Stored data
ghost use Rattle.std.specs.Prelude.{◌≡◌, ◌≤◌, ◌<◌, ◌+◌, ◌-◌, ◌^◌, ◌++◌, length, take, drop, OnOk};
ghost use Rattle.std.specs.Int.{w32, to_le_bytes};
ghost use Rattle.plain_file.specs.Limits.{max_part, max_transfer};
ghost use Rattle.fuse_device.specs.Steps.{device_step};
ghost use Rattle.chain_stream.specs.Frames.{lead_len, IsBounded};
ghost use Rattle.daxwire.specs.Serve.{Makes, chain_output, lead_step, load_step, refusal_number, store_step};

use chain_stream::{End, Lead, Responder};
use dax_device::Device;
use plain_file::Memory;
use std::alloc::Global;
use window_access::WindowRefusal;

/// Answers each frame as a device does: a chain by its daemon, a load or a store by its window.
#[derive(Debug, Drop)]
pub struct Serve {
    device: Device,
}

impl Serve {
    // Adds the answer to a chain. Its bytes come to their place at once, and their count before them last.
    #[tactic(auto, using(crate::proofs::ServedChains::chain_in_place))]
    fn put_chain(
        &mut self,
        alloc: Global,
        readable: &[u8],
        room: u32,
        out: &mut Vec<u8>,
    ) -> Result<(), Memory>
        requires { length readable.now ≤ max_part }
        ensures { OnOk result (Makes (chain_output (device_step self.old.device readable.now room)) out.old.items self.new.device out.new.items) }
    {
        let at = out.len();
        out.extend_from_slice(&[1, 0, 0, 0, 0])?;
        self.device.reply_into(alloc, readable, room, out)?;
        put_len(out, at + 1);
        Ok(())
    }

    // Adds the answer to a load. Its bytes come to their place at once.
    #[tactic(auto, unfolding(crate::specs::Serve::load_step, crate::specs::Serve::refusal_number))]
    fn put_load(&mut self, moffset: u64, len: u32, out: &mut Vec<u8>) -> Result<(), Memory>
        requires { len ≤ max_transfer }
        ensures { OnOk result (Makes (load_step self.old.device moffset len) out.old.items self.new.device out.new.items) }
    {
        let at = out.len();
        out.extend_from_slice(&[2, 0])?;
        out.extend_from_slice(&len.to_le_bytes())?;
        match self.device.load_into(moffset, len, out) {
            Ok(()) => Ok(()),
            Err(WindowRefusal::Memory) => Err(Memory),
            Err(refusal) => {
                out.truncate(at);
                out.extend_from_slice(&[2, number_of(refusal), 0, 0, 0, 0])?;
                Ok(())
            }
        }
    }

    // Adds the answer to a store.
    #[tactic(auto, unfolding(crate::specs::Serve::store_step, crate::specs::Serve::refusal_number))]
    fn put_store(
        &mut self,
        alloc: Global,
        moffset: u64,
        bytes: &[u8],
        out: &mut Vec<u8>,
    ) -> Result<(), Memory>
        requires { length bytes.now ≤ max_transfer }
        ensures { OnOk result (Makes (store_step self.old.device moffset bytes.now) out.old.items self.new.device out.new.items) }
    {
        match self.device.store(alloc, moffset, bytes) {
            Ok(()) => {
                out.extend_from_slice(&[3, 0])?;
                Ok(())
            }
            Err(WindowRefusal::Memory) => Err(Memory),
            Err(refusal) => {
                out.extend_from_slice(&[3, number_of(refusal)])?;
                Ok(())
            }
        }
    }

    // Adds the answer to a whole frame.
    #[tactic(auto, unfolding(crate::specs::Serve::lead_step, chain_stream::specs::Frames::lead_len, chain_stream::specs::Frames::IsBounded))]
    fn put_frame(
        &mut self,
        alloc: Global,
        lead: Lead,
        bytes: &[u8],
        out: &mut Vec<u8>,
    ) -> Result<(), Memory>
        requires bounded { IsBounded lead }
        requires whole { lead_len lead ≡ length bytes.now }
        ensures { OnOk result (Makes (lead_step self.old.device lead bytes.now) out.old.items self.new.device out.new.items) }
    {
        match lead {
            Lead::Chain { parts, room, .. } => {
                let readable = bytes.split_at(5 + 4 * parts as usize).1;
                self.put_chain(alloc, readable, room as u32, out)
            }
            Lead::Load { moffset, len } => self.put_load(moffset, len, out),
            Lead::Store { moffset, .. } => self.put_store(
                alloc,
                moffset,
                bytes.split_at(13).1,
                out,
            ),
            Lead::Bad(_) | Lead::Cut | Lead::Nothing => Ok(()),
        }
    }
}

// Writes into four bytes how many bytes stand behind them.
fn put_len(out: &mut Vec<u8>, at: usize)
    requires within { at + 4 ≤ length out.old.items }
    requires small { length out.old.items < at + 4 + 2 ^ 32 }
    ensures { out.new.items ≡ take at out.old.items ++ to_le_bytes w32 (length out.old.items - (at + 4)) ++ drop (at + 4) out.old.items }
{
    let len = (out.len() - (at + 4)) as u32;
    out[at..at + 4].copy_from_slice(&len.to_le_bytes());
}

// The number of a refusal.
#[tactic(auto, unfolding(crate::specs::Serve::refusal_number))]
fn number_of(refusal: WindowRefusal) -> u8
    ensures { result ≡ refusal_number refusal }
{
    match refusal {
        WindowRefusal::Unmapped { .. } => 1,
        WindowRefusal::ReadOnly { .. } => 2,
        WindowRefusal::PastEnd { .. } => 3,
        WindowRefusal::Memory => 0,
    }
}

impl Responder for Serve {
    ghost use Rattle.dax_device.specs.Devices.{first_world};
    ghost use Rattle.daxwire.specs.Serve.{outputs, fault_output};

    ghost says = { λ s. outputs s.device };

    ghost starting = { λ pages. outputs (first_world pages) };

    ghost ending = { fault_output };

    fn start(alloc: Global, pages: u32) -> Result<Serve, Memory> {
        Ok(Serve {
            device: Device::new(alloc, pages)?,
        })
    }

    #[tactic(auto, unfolding(crate::specs::Serve::outputs))]
    fn quiet_at_start() {}

    #[tactic(auto, unfolding(crate::specs::Serve::outputs))]
    fn quiet(&self) {}

    #[tactic(auto, unfolding(crate::specs::Serve::outputs))]
    fn answer(
        &mut self,
        alloc: Global,
        lead: Lead,
        bytes: &[u8],
        out: &mut Vec<u8>,
    ) -> Result<(), Memory> {
        self.put_frame(alloc, lead, bytes, out)
    }

    #[tactic(auto, unfolding(crate::specs::Serve::fault_output))]
    fn end(end: End, out: &mut Vec<u8>) -> Result<(), Memory> {
        if let End::Malformed { reason, at } = end {
            out.extend_from_slice(&[0xff, reason.number()])?;
            out.extend_from_slice(&at.to_le_bytes())?;
        }
        Ok(())
    }
}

About this task> Every entry needs to be copied again exactly.

Response box>
ghost use Rattle.std.specs.Prelude.{◌≡◌, ◌≤◌, ◌<◌, ◌+◌, ◌-◌, ◌^◌, ◌++◌, length, take, drop, OnOk};
ghost use Rattle.std.specs.Int.{w32, to_le_bytes};
ghost use Rattle.plain_file.specs.Limits.{max_part, max_transfer};
ghost use Rattle.fuse_device.specs.Steps.{device_step};
ghost use Rattle.chain_stream.specs.Frames.{lead_len, IsBounded};
ghost use Rattle.daxwire.specs.Serve.{Makes, chain_output, lead_step, load_step, refusal_number, store_step};

use chain_stream::{End, Lead, Responder};
use dax_device::Device;
use plain_file::Memory;
use std::alloc::Global;
use window_access::WindowRefusal;

/// Answers each frame as a device does: a chain by its daemon, a load or a store by its window.
#[derive(Debug, Drop)]
pub struct Serve {
    device: Device,
}

impl Serve {
    // Adds the answer to a chain. Its bytes come to their place at once, and their count before them last.
    #[tactic(auto, using(crate::proofs::ServedChains::chain_in_place))]
    fn put_chain(
        &mut self,
        alloc: Global,
        readable: &[u8],
        room: u32,
        out: &mut Vec<u8>,
    ) -> Result<(), Memory>
        requires { length readable.now ≤ max_part }
        ensures { OnOk result (Makes (chain_output (device_step self.old.device readable.now room)) out.old.items self.new.device out.new.items) }
    {
        let at = out.len();
        out.extend_from_slice(&[1, 0, 0, 0, 0])?;
        self.device.reply_into(alloc, readable, room, out)?;
        put_len(out, at + 1);
        Ok(())
    }

    // Adds the answer to a load. Its bytes come to their place at once.
    #[tactic(auto, unfolding(crate::specs::Serve::load_step, crate::specs::Serve::refusal_number))]
    fn put_load(&mut self, moffset: u64, len: u32, out: &mut Vec<u8>) -> Result<(), Memory>
        requires { len ≤ max_transfer }
        ensures { OnOk result (Makes (load_step self.old.device moffset len) out.old.items self.new.device out.new.items) }
    {
        let at = out.len();
        out.extend_from_slice(&[2, 0])?;
        out.extend_from_slice(&len.to_le_bytes())?;
        match self.device.load_into(moffset, len, out) {
            Ok(()) => Ok(()),
            Err(WindowRefusal::Memory) => Err(Memory),
            Err(refusal) => {
                out.truncate(at);
                out.extend_from_slice(&[2, number_of(refusal), 0, 0, 0, 0])?;
                Ok(())
            }
        }
    }

    // Adds the answer to a store.
    #[tactic(auto, unfolding(crate::specs::Serve::store_step, crate::specs::Serve::refusal_number))]
    fn put_store(
        &mut self,
        alloc: Global,
        moffset: u64,
        bytes: &[u8],
        out: &mut Vec<u8>,
    ) -> Result<(), Memory>
        requires { length bytes.now ≤ max_transfer }
        ensures { OnOk result (Makes (store_step self.old.device moffset bytes.now) out.old.items self.new.device out.new.items) }
    {
        match self.device.store(alloc, moffset, bytes) {
            Ok(()) => {
                out.extend_from_slice(&[3, 0])?;
                Ok(())
            }
            Err(WindowRefusal::Memory) => Err(Memory),
            Err(refusal) => {
                out.extend_from_slice(&[3, number_of(refusal)])?;
                Ok(())
            }
        }
    }

    // Adds the answer to a whole frame.
    #[tactic(auto, unfolding(crate::specs::Serve::lead_step, chain_stream::specs::Frames::lead_len, chain_stream::specs::Frames::IsBounded))]
    fn put_frame(
        &mut self,
        alloc: Global,
        lead: Lead,
        bytes: &[u8],
        out: &mut Vec<u8>,
    ) -> Result<(), Memory>
        requires bounded { IsBounded lead }
        requires whole { lead_len lead ≡ length bytes.now }
        ensures { OnOk result (Makes (lead_step self.old.device lead bytes.now) out.old.items self.new.device out.new.items) }
    {
        match lead {
            Lead::Chain { parts, room, .. } => {
                let readable = bytes.split_at(5 + 4 * parts as usize).1;
                self.put_chain(alloc, readable, room as u32, out)
            }
            Lead::Load { moffset, len } => self.put_load(moffset, len, out),
            Lead::Store { moffset, .. } => self.put_store(
                alloc,
                moffset,
                bytes.split_at(13).1,
                out,
            ),
            Lead::Bad(_) | Lead::Cut | Lead::Nothing => Ok(()),
        }
    }
}

// Writes into four bytes how many bytes stand behind them.
fn put_len(out: &mut Vec<u8>, at: usize)
    requires within { at + 4 ≤ length out.old.items }
    requires small { length out.old.items < at + 4 + 2 ^ 32 }
    ensures { out.new.items ≡ take at out.old.items ++ to_le_bytes w32 (length out.old.items - (at + 4)) ++ drop (at + 4) out.old.items }
{
    let len = (out.len() - (at + 4)) as u32;
    out[at..at + 4].copy_from_slice(&len.to_le_bytes());
}

// The number of a refusal.
#[tactic(auto, unfolding(crate::specs::Serve::refusal_number))]
fn number_of(refusal: WindowRefusal) -> u8
    ensures { result ≡ refusal_number refusal }
{
    match refusal {
        WindowRefusal::Unmapped { .. } => 1,
        WindowRefusal::ReadOnly { .. } => 2,
        WindowRefusal::PastEnd { .. } => 3,
        WindowRefusal::Memory => 0,
    }
}

impl Responder for Serve {
    ghost use Rattle.dax_device.specs.Devices.{first_world};
    ghost use Rattle.daxwire.specs.Serve.{outputs, fault_output};

    ghost says = { λ s. outputs s.device };

    ghost starting = { λ pages. outputs (first_world pages) };

    ghost ending = { fault_output };

    fn start(alloc: Global, pages: u32) -> Result<Serve, Memory> {
        Ok(Serve {
            device: Device::new(alloc, pages)?,
        })
    }

    #[tactic(auto, unfolding(crate::specs::Serve::outputs))]
    fn quiet_at_start() {}

    #[tactic(auto, unfolding(crate::specs::Serve::outputs))]
    fn quiet(&self) {}

    #[tactic(auto, unfolding(crate::specs::Serve::outputs))]
    fn answer(
        &mut self,
        alloc: Global,
        lead: Lead,
        bytes: &[u8],
        out: &mut Vec<u8>,
    ) -> Result<(), Memory> {
        self.put_frame(alloc, lead, bytes, out)
    }

    #[tactic(auto, unfolding(crate::specs::Serve::fault_output))]
    fn end(end: End, out: &mut Vec<u8>) -> Result<(), Memory> {
        if let End::Malformed { reason, at } = end {
            out.extend_from_slice(&[0xff, reason.number()])?;
            out.extend_from_slice(&at.to_le_bytes())?;
        }
        Ok(())
    }
}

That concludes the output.